What is it like to grow up black and male in the United States? Ta-Nehisi Coates, author of the highly acclaimed Atlantic article on reparations, tells us in Between the World and Me, a memoir cum extended letter to his fifteen-year-old son. It is a life in which you don’t have final control over the most basic aspect of human existence–your own body. Your body can be thrown in prison or shot or just pushed aside at most any time for most any reason with little recourse.
As a result,
writes Coates, parents often dole out harsh physical punishment to their children. Why? Because they are scared that if they don’t teach their children the limits of their lives, they will get something worse from police or the system.
Coates highlights two other key phases of his development. One is going to Howard University where he reveled in the diversity of lifestyles, thought and personalities in a setting that embraced and affirmed all that was black.
The other was going to live in France for a while. Though quite afraid of encountering this very alien culture, he found it a revelation to be in a society that was free of the same history and patterns as the United States. In France he had a body he could call his own.
France was not perfect, however. There he found other kinds of hatred and prejudice. After all, no matter where you go, people are always there.
What is
missing, then, from Coates’s book, by his own admission, is hope. As an atheist, he has not embraced any spiritual life or the black church itself, the institution he says “that has, so often, been the only support for our people” (p. 139).
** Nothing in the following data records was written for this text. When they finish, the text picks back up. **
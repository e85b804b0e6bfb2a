//! The board behind a lock.
ghost use Rattle.std.specs.Prelude.{◌≡◌, ◌↔◌, ◌<◌, ◌≤◌, ◌∷◌, ◌++◌, [], length, IfOk, IsOk, IsErrOf, OnErr};
ghost use Rattle.std.specs.Sync.Mutex.{mutex_guard_value};

use apex_board::Board;
use apex_ports::rules::conserved;
use apex_threads::{AskFault, SharedBoard};
use apex_types::{Call, Moment, Reply};
use std::alloc::{Allocator, Global};
use std::sync::{Mutex, MutexGuard, Wait};

/// A board that one thread at a time holds.
///
/// Like the board, it is not `Drop`: take the board back with `into_board`, and close that.
pub struct LockedBoard<A: Allocator = Global> {
    board: Mutex<Board<A>>,
}

impl<A: Allocator> LockedBoard<A> {
    ghost use Rattle.apex_workers.specs.Facts.{HasBoardFacts};

    /// The board behind a free lock.
    pub fn new(board: Board<A>) -> LockedBoard<A> {
        LockedBoard {
            board: Mutex::new(board),
        }
    }

    /// Lends the board, once no other thread has it. No contract says which log it has by then.
    pub fn lock<R: Wait>(&self, rt: &R) -> MutexGuard<'_, Board<A>>
        ensures { HasBoardFacts (mutex_guard_value result) }
    {
        let guard = self.board.lock(rt);
        board_facts(&guard);
        guard
    }

    /// Returns the board. No contract says which log it has by then.
    pub fn into_board(self) -> Board<A>
        ensures { HasBoardFacts result }
    {
        let LockedBoard { board } = self;
        let board = board.into_inner();
        board_facts(&board);
        board
    }
}

impl<A: Allocator + Send + Sync> SharedBoard for LockedBoard<A> {
    /// Holds the lock only for this call.
    fn ask<R: Wait>(
        &self,
        rt: &R,
        partition: usize,
        at: Moment,
        call: &Call,
    ) -> Result<Reply, AskFault> {
        let mut guard = self.board.lock(rt);
        let answer = ask_lent(rt, &mut guard, partition, at, call);
        MutexGuard::unlock(guard);
        answer
    }
}

ghost use Rattle.apex_observers.specs.Channels.{books_of};
ghost use Rattle.apex_ports.specs.History.{entry_of};
ghost use Rattle.apex_ports.specs.ReplyTable.{reply_to};
ghost use Rattle.apex_ports.specs.Writes.{WritesNothing};
ghost use Rattle.apex_workers.specs.Facts.{HasBoardFacts};
ghost use Rattle.apex_threads.specs.declared.shared.AskFault.TheVariants as fault;

/// Makes one call on the lent board.
pub(crate) fn ask_lent<A: Allocator, R: Wait>(
    rt: &R,
    board: &mut Board<A>,
    partition: usize,
    at: Moment,
    call: &Call,
) -> Result<Reply, AskFault>
    // The reply is the reply table's, and the log gains exactly this entry.
    ensures reply { IfOk result (λ reply.
        reply ≡ reply_to board.old.config board.old.log partition at call.now) }
    ensures entry { IfOk result (λ reply.
        board.new.log ≡ board.old.log ++ entry_of partition at call.now reply ∷ []) }
    ensures config { board.new.config ≡ board.old.config }
    ensures channels { books_of board.new.published ≡ books_of board.old.published }

    // A refusal changes nothing. Its reason is the partition, or memory if there is no room or a write is to be
    // published.
    ensures partition { IsErrOf result fault.NoPartition
        ↔ (length board.old.config.partitions ≤ partition) }
    ensures succeeds { partition < length board.old.config.partitions
        → WritesNothing board.old.config board.old.log partition call.now
        → 1 ≤ board.old.room → IsOk result }
    ensures refused { OnErr result (board.new.log ≡ board.old.log) }
    ensures refused_published { OnErr result (board.new.published ≡ board.old.published) }
{
    if partition >= board.config().partitions() {
        return Err(AskFault::NoPartition);
    }
    board
        .call(rt, partition, at, call)
        .map_err(|_refused| AskFault::OutOfMemory)
}

/// Brings in what holds for every board. There is nothing to run.
pub(crate) fn board_facts<A: Allocator>(board: &Board<A>)
    ensures { HasBoardFacts board.now }
{
    let _log = board.log();
    let _config = board.ports().config();
    conserved();
}
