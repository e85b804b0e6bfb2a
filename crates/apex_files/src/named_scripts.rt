//! The scripts that arguments `NAME=SCRIPT` give to partitions.
ghost use Rattle.std.specs.Prelude.{◌≡◌, ◌<◌, [], length, replicate, IfOk, IfSome};
ghost use Rattle.std.specs.Option.{option_map};
ghost use Rattle.apex_files.specs.Arguments.{partition_in, path_in};
ghost use Rattle.apex_files.specs.Scripts.{AreArgumentsRead, IsScriptFile};

use crate::files::Opener;
use crate::packed_scripts::read_packed_script;
use crate::reading::read_file;
use crate::refusal::Refusal;
use apex_module::Config;
use apex_texts::{Fault, TraceFault};
use apex_threads::PackedScript;
use std::alloc::{AllocError, Global};

/// A script for each partition of the configuration: that of the argument that names it, or the empty one.
pub fn scripts_named<'a, O: Opener>(
    alloc: Global,
    opener: &O,
    config: &Config,
    arguments: &[&'a str],
) -> Result<Vec<PackedScript>, Refusal<'a>>
    ensures { AreArgumentsRead (O.bytes_at opener.now) config.now arguments.now result }
{
    let mut scripts = empty_scripts(alloc, config.partitions())?;
    let mut named = vec![in alloc; false; config.partitions()]?;
    for argument in arguments {
        let (p, path) = match partition_and_path(config, argument) {
            Some((p, path)) if !named[p] => (p, path),
            _ => return Err(Refusal::Argument(argument)),
        };
        scripts[p] = script_at(alloc, opener, config, p, path)?;
        named[p] = true;
    }
    Ok(scripts)
}

/// `count` empty scripts.
fn empty_scripts(alloc: Global, count: usize) -> Result<Vec<PackedScript>, AllocError>
    ensures { IfOk result (λ scripts. scripts.items ≡ replicate count []) }
{
    let mut scripts = Vec::with_capacity(alloc, count)?;
    for _ in 0..count {
        scripts.push_reserved(PackedScript::new(alloc));
    }
    Ok(scripts)
}

/// The partition that an argument `NAME=SCRIPT` names, and the path after the first `=`.
pub fn partition_and_path<'a>(config: &Config, argument: &'a str) -> Option<(usize, &'a str)>
    ensures partition { partition_in config.now argument.now
        ≡ option_map (λ found. found.0) result }
    ensures path { IfSome result (λ found. found.1.now ≡ path_in argument.now) }
    ensures known { IfSome result (λ found. found.0 < length config.now.partitions) }
{
    let (name, path) = argument.split_once('=')?;
    Some((config.partition_called(name.as_bytes())?, path))
}

/// The script of partition `p` in a file.
fn script_at<'a, O: Opener>(
    alloc: Global,
    opener: &O,
    config: &Config,
    p: usize,
    path: &'a str,
) -> Result<PackedScript, Refusal<'a>>
    requires { p < length config.now.partitions }
    ensures { IsScriptFile (O.bytes_at opener.now) config.now p path.now result }
{
    let text = read_file(alloc, opener, path)?;
    match read_packed_script(alloc, text.as_slice()) {
        Ok(script) => Ok(script),
        Err(TraceFault::OutOfMemory) => Err(Refusal::Text(Fault::Memory)),
        Err(fault) => {
            let partition = config.partition_name(p).copy();
            Err(Refusal::Text(Fault::Script { partition, fault }))
        }
    }
}
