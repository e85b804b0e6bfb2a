//! An output that may be a terminal, on which the control characters of a text could move the cursor or hide text.
ghost use Rattle.std.specs.Prelude.{◌≡◌, take, IfOk, OnOk};
ghost use Rattle.std.specs.Io.{WritesAtMost};
ghost use Rattle.std.specs.Io.KnownBytes.{Appends, WriteAppends};
ghost use Rattle.apex_files.specs.Terminal.{contents_of, is_control, is_second_byte, begins_second_byte, is_escaped, escape, escaped, shown};

use std::io;
use std::io::{IsTerminal, Write};

/// An output that may be a terminal. If it is one, each control character other than the tab and the newline is written
/// as `\x` and two digits for each of its bytes. Otherwise each byte is written unchanged.
#[derive(Debug, Drop)]
pub struct Shown<W> {
    output: W,
    is_terminal: bool,
}

impl<W: Write + IsTerminal> Shown<W> {
    /// Wraps an output, and finds out whether it is a terminal.
    pub fn new(output: W) -> Shown<W>
        ensures { result.output ≡ output }
    {
        let is_terminal = output.is_terminal();
        Shown {
            output,
            is_terminal,
        }
    }
}

impl<W: Write> Write for Shown<W> {
    ghost contents = { λ shown. contents_of shown.is_terminal (W.contents shown.output) };

    fn write(&mut self, buf: &[u8]) -> io::Result<usize>
        ensures bound { WritesAtMost result buf.now }
        ensures bytes { let old = contents_of self.old.is_terminal (W.contents self.old.output) in
            let new = contents_of self.new.is_terminal (W.contents self.new.output) in
            WriteAppends old new result buf.now }
        ensures shown { let old = W.contents self.old.output in
            let new = W.contents self.new.output in
            IfOk result (λ count. Appends old new
            (shown self.old.is_terminal (take count buf.now))) }
        ensures terminal { self.new.is_terminal ≡ self.old.is_terminal }
    {
        if self.is_terminal {
            write_escaped(&mut self.output, buf)?;
            return Ok(buf.len());
        }
        self.output.write(buf)
    }

    fn flush(&mut self) -> io::Result<()> {
        self.output.flush()
    }

    fn write_all(&mut self, buf: &[u8]) -> io::Result<()>
        ensures bytes { let old = contents_of self.old.is_terminal (W.contents self.old.output) in
            let new = contents_of self.new.is_terminal (W.contents self.new.output) in
            OnOk result (Appends old new buf.now) }
        ensures shown { let old = W.contents self.old.output in
            let new = W.contents self.new.output in
            OnOk result (Appends old new (shown self.old.is_terminal buf.now)) }
        ensures terminal { self.new.is_terminal ≡ self.old.is_terminal }
    {
        if self.is_terminal {
            return write_escaped(&mut self.output, buf);
        }
        self.output.write_all(buf)
    }
}

/// Writes a text with its control characters as escapes. What is between two escapes is written in one piece.
fn write_escaped<W: Write>(output: &mut W, text: &[u8]) -> io::Result<()>
    ensures { OnOk result
        (Appends (W.contents output.old) (W.contents output.new) (escaped text.now)) }
{
    let mut waiting = text;
    let mut rest = text;
    let mut before = 0;
    while let Some((byte, after)) = rest.split_first() {
        let byte = *byte;
        if is_escaped(before, byte, after) {
            output.write_all(&waiting[..waiting.len() - rest.len()])?;
            write_escape(output, byte)?;
            waiting = after;
        }
        before = byte;
        rest = after;
    }
    output.write_all(waiting)
}

/// Whether a byte between these is escaped: it is a control character, or one of the two bytes of U+0080 to U+009F. The
/// second of them is also escaped after an ASCII byte.
fn is_escaped(before: u8, byte: u8, after: &[u8]) -> bool
    ensures { result ≡ is_escaped before byte after.now }
{
    is_control(byte)
        || byte == 0xc2 && begins_second_byte(after)
        || is_second_byte(byte) && (before < 0x80 || before == 0xc2)
}

/// Whether a byte is a control character other than the tab and the newline.
fn is_control(byte: u8) -> bool
    ensures { result ≡ is_control byte }
{
    byte < 0x20 && byte != b'\t' && byte != b'\n' || byte == 0x7f
}

/// Whether a byte is the second one of U+0080 to U+009F, or of another character.
fn is_second_byte(byte: u8) -> bool
    ensures { result ≡ is_second_byte byte }
{
    0x80 <= byte && byte < 0xa0
}

/// Whether the first of these is such a byte.
fn begins_second_byte(bytes: &[u8]) -> bool
    ensures { result ≡ begins_second_byte bytes.now }
{
    match bytes.first() {
        Some(byte) => is_second_byte(*byte),
        None => false,
    }
}

/// Writes a byte as `\x` and two hexadecimal digits.
fn write_escape<W: Write>(output: &mut W, byte: u8) -> io::Result<()>
    ensures { OnOk result
        (Appends (W.contents output.old) (W.contents output.new) (escape byte)) }
{
    write!(output, "\\x{byte:02x}")
}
Though he doesn’t see things getting better, he still can’t help trying to help his son navigate a world that is not friendly, trying to alert people through his journalism to the injustices that surround us, trying to inform a wide range of readers about black life as they read over the shoulder of his son.
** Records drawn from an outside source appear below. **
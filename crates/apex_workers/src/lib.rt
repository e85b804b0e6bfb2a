//! Workers over one board behind a lock: each partition's script runs in a thread of its own, and the board's log is
//! compared with what was handed out. The crate also writes the report of a board, from its log.
#![tactic(auto)]

pub mod board_report;
mod comparison;
pub mod locked;
mod observed;
pub mod replies;
pub mod run;

pub use crate::board_report::report;
pub use crate::comparison::is_collected;
pub use crate::locked::LockedBoard;
pub use crate::replies::Replies;
pub use crate::run::{Finished, run_scripts};
pub use apex_threads::{
    AskFault, Gate, Held, OpenGate, PackedReplies, PackedScript, RunFault, Script, SharedBoard,
    pack_all, run_over,
};
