//! The replies that a worker got.
ghost use Rattle.std.specs.Prelude.{◌≡◌, IfOk};

use apex_threads::PackedReplies;
use apex_types::Reply;
use std::alloc::{AllocError, Allocator, Global};
use std::marker::Model;

/// The replies to the calls of one partition, in order. A contract sees them as a list.
#[derive(Debug, Drop)]
pub struct Replies<A: Allocator = Global> {
    replies: Vec<Reply, A>,
}

impl<A: Allocator> Model for Replies<A> {
    ghost use Rattle.std.specs.Prelude.{List};
    ghost use Rattle.apex_types.specs.declared.reply.Reply.{Reply};

    ghost Value = { List Reply };

    ghost view = { λ replies. replies.replies.items };
}

impl<A: Allocator> Replies<A> {
    /// The replies of a list, oldest first.
    pub fn new(replies: Vec<Reply, A>) -> Replies<A>
        ensures { result ≡ replies.items }
    {
        Replies { replies }
    }

    /// The replies, oldest first.
    pub fn list(&self) -> &[Reply]
        ensures { result.now ≡ self.now }
    {
        self.replies.as_slice()
    }
}

/// The replies of each partition as a list of its own.
pub(crate) fn unpack_all<A: Allocator + Copy>(
    alloc: A,
    packed: &[PackedReplies<A>],
) -> Result<Vec<Replies<A>, A>, AllocError>
    ensures { IfOk result (λ replies. replies.items ≡ packed.now) }
{
    let mut all = Vec::with_capacity(alloc, packed.len())?;
    for replies in packed {
        let list = unpack(alloc, replies)?;
        all.push_reserved(list);
    }
    Ok(all)
}

fn unpack<A: Allocator + Copy>(
    alloc: A,
    packed: &PackedReplies<A>,
) -> Result<Replies<A>, AllocError>
    ensures { IfOk result (λ replies. replies ≡ packed.now) }
{
    let mut replies = Vec::with_capacity(alloc, packed.len())?;
    for index in 0..packed.len() {
        match packed.get(index) {
            Some(reply) => replies.push_reserved(reply.to_reply()),
            None => unreachable!(),
        }
    }
    Ok(Replies::new(replies))
}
While this brief book will not be an easy read for white people, it is an important one for understanding the height and depth of the wall between the world and people like Coates.
My white friends sometimes tell me it’s just not this way. My black friends tell me it is very much this way. I tend to believe the people who have been black more than those who haven’t.
I’m reading this book right now, about halfway through. Much to ponder. And your reading of it as accurate and “without hope” present in Coates’s thinking is spot-on. We need to read it and understand our world just a little better by doing so.
I wish I could summarize the book with the same elegance as Andy. As white people, I feel we must do as much as possible to get this book in the hands of as many people as is feasible. Unless more of us can understand (without living the experience ourselves) we won’t be able to contribute anything to this unacceptable state of being.